Gesetzesänderung macht Pläne zur Makulatur - GGEW Bergstraße AG will die freiwerdenden Mittel in den Ausbau regenerativer Energien investieren

20.7.2010 -

Bickenbach (mb). Die in Bickenbach (Kreis Darmstadt-Dieburg) geplante Solaranlage wird wegen einer Gesetzesänderung nicht gebaut.
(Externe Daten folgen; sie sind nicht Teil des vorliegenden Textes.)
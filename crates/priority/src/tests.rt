//! The worked cases of the kinds and of `highest`.
use crate::Priority;
use crate::house::House;
use crate::number::Number;
use crate::places::highest;
use refusal::Refusal;
use std::test::Fail;

fn numbers(values: [u16; 4]) -> Result<[Number; 4], Refusal> {
    let [a, b, c, d] = values;
    Ok([
        Number::new(a)?,
        Number::new(b)?,
        Number::new(c)?,
        Number::new(d)?,
    ])
}

#[test]
fn house_longer_wait_and_lower_class_are_higher(rt: HostRuntime) -> Result<(), Fail> {
    let eleven = House::new(1, 11)?;
    let ten = House::new(1, 10)?;
    let first = House::new(0, 0)?;
    assert!(rt; eleven.at_least(&ten) && !ten.at_least(&eleven));
    assert!(rt; first.at_least(&eleven) && !eleven.at_least(&first));
    assert!(rt; first.at_least(&ten) && !ten.at_least(&first));
    Ok(())
}

#[test]
fn ranges_end_where_they_should(rt: HostRuntime) {
    assert!(rt; Number::new(0).is_err() && Number::new(1).is_ok());
    assert!(rt; Number::new(255).is_ok() && Number::new(256).is_err());
    assert!(rt; House::new(3, 520).is_ok() && House::new(4, 0).is_err());
    assert!(rt; House::new(0, 521).is_err());
}

#[test]
fn highest_takes_the_first_of_level_ones(rt: HostRuntime) -> Result<(), Fail> {
    let table = numbers([3, 1, 2, 1])?;
    assert_eq!(rt; highest(&table, &[1, 1, 1, 1]), Some(2));
    assert_eq!(rt; highest(&table, &[9, 0, 0, 7]), Some(4));
    assert_eq!(rt; highest(&table, &[0, 0, 0, 0]), None);
    Ok(())
}

#[test]
fn marks_may_be_longer_or_shorter(rt: HostRuntime) -> Result<(), Fail> {
    let table = numbers([3, 1, 2, 1])?;
    assert_eq!(rt; highest(&table, &[1]), Some(1));
    assert_eq!(rt; highest(&table, &[0, 0, 0, 0, 1]), None);
    assert_eq!(rt; highest(&table, &[]), None);
    Ok(())
}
Das teilt die Gruppen- Gas- und Elektrizitätswerk (GGEW) Bergstraße AG mit.

 

Nach einer Änderung des „Erneuerbare Energien Gesetzes (EEG)“ entfällt die Förderung für Photovoltaikanlagen auf Ackerflächen. Dies betrifft auch die in Bickenbach geplante Anlage. Die Gesetzesänderung mache deren wirtschaftlichen Betrieb unmöglich, teilte das Unternehmen in Bensheim mit. Mit Blick auf die Verantwortung des Unternehmens für seine Kunden und Aktionärskommunen müsse das Vorhaben gestoppt werden. Die durch diese Entscheidung frei gewordenen Mittel sollen nun in neue Projekte zur Förderung regenerativer Energieerzeugung investiert werden.

Der Gesetzentwurf zur Änderung des EEG durchlief am vergangenen Freitag die letzte Instanz: Im Bundesrat wurde die sogenannte PV-Novelle verabschiedet. Diese sieht vor, die Förderung für Photovoltaik-Anlagen auf Ackerflächen, die nach dem 30. Juni 2010 in Betrieb gehen, zu streichen. Bis zuletzt war offen geblieben, ob es eine Übergangsfrist für Anlagen geben würde, für die bereits ein genehmigter Bauantrag vorliegt. „Im nun beschlossenen Gesetzentwurf ist leider keine Übergangsfrist enthalten“, bedauert der Technische Leiter der GGEW Reinhold Keikl, der das Photovoltaik-Projekt in Bickenbach betreut hatte.

 

 Im Vorfeld der Gesetzesänderung war es zu teilweise dramatischen Entwicklungen am Markt für Photovoltaik-Module gekommen, die zu Lieferschwierigkeiten des Modul-Lieferanten führten. Dies und die schlechten Wetterbedingungen im Mai hatten den Zeitplan für den Bau der Anlage in Bickenbach nach hinten geworfen - eine Fertigstellung bis Ende Juni war nicht mehr machbar. „Wir haben eine Verantwortung gegenüber unseren Kunden und Aktionären. Ohne die bisherige Förderung ist ein wirtschaftlicher Betrieb der Anlage nicht realisierbar“, erklärte Keil. Für die GGEW AG stehe jedoch eines fest: Die frei werdenden Mittel werden zweckgebunden in andere Projekte zum Ausbau regenerativer Energien investiert.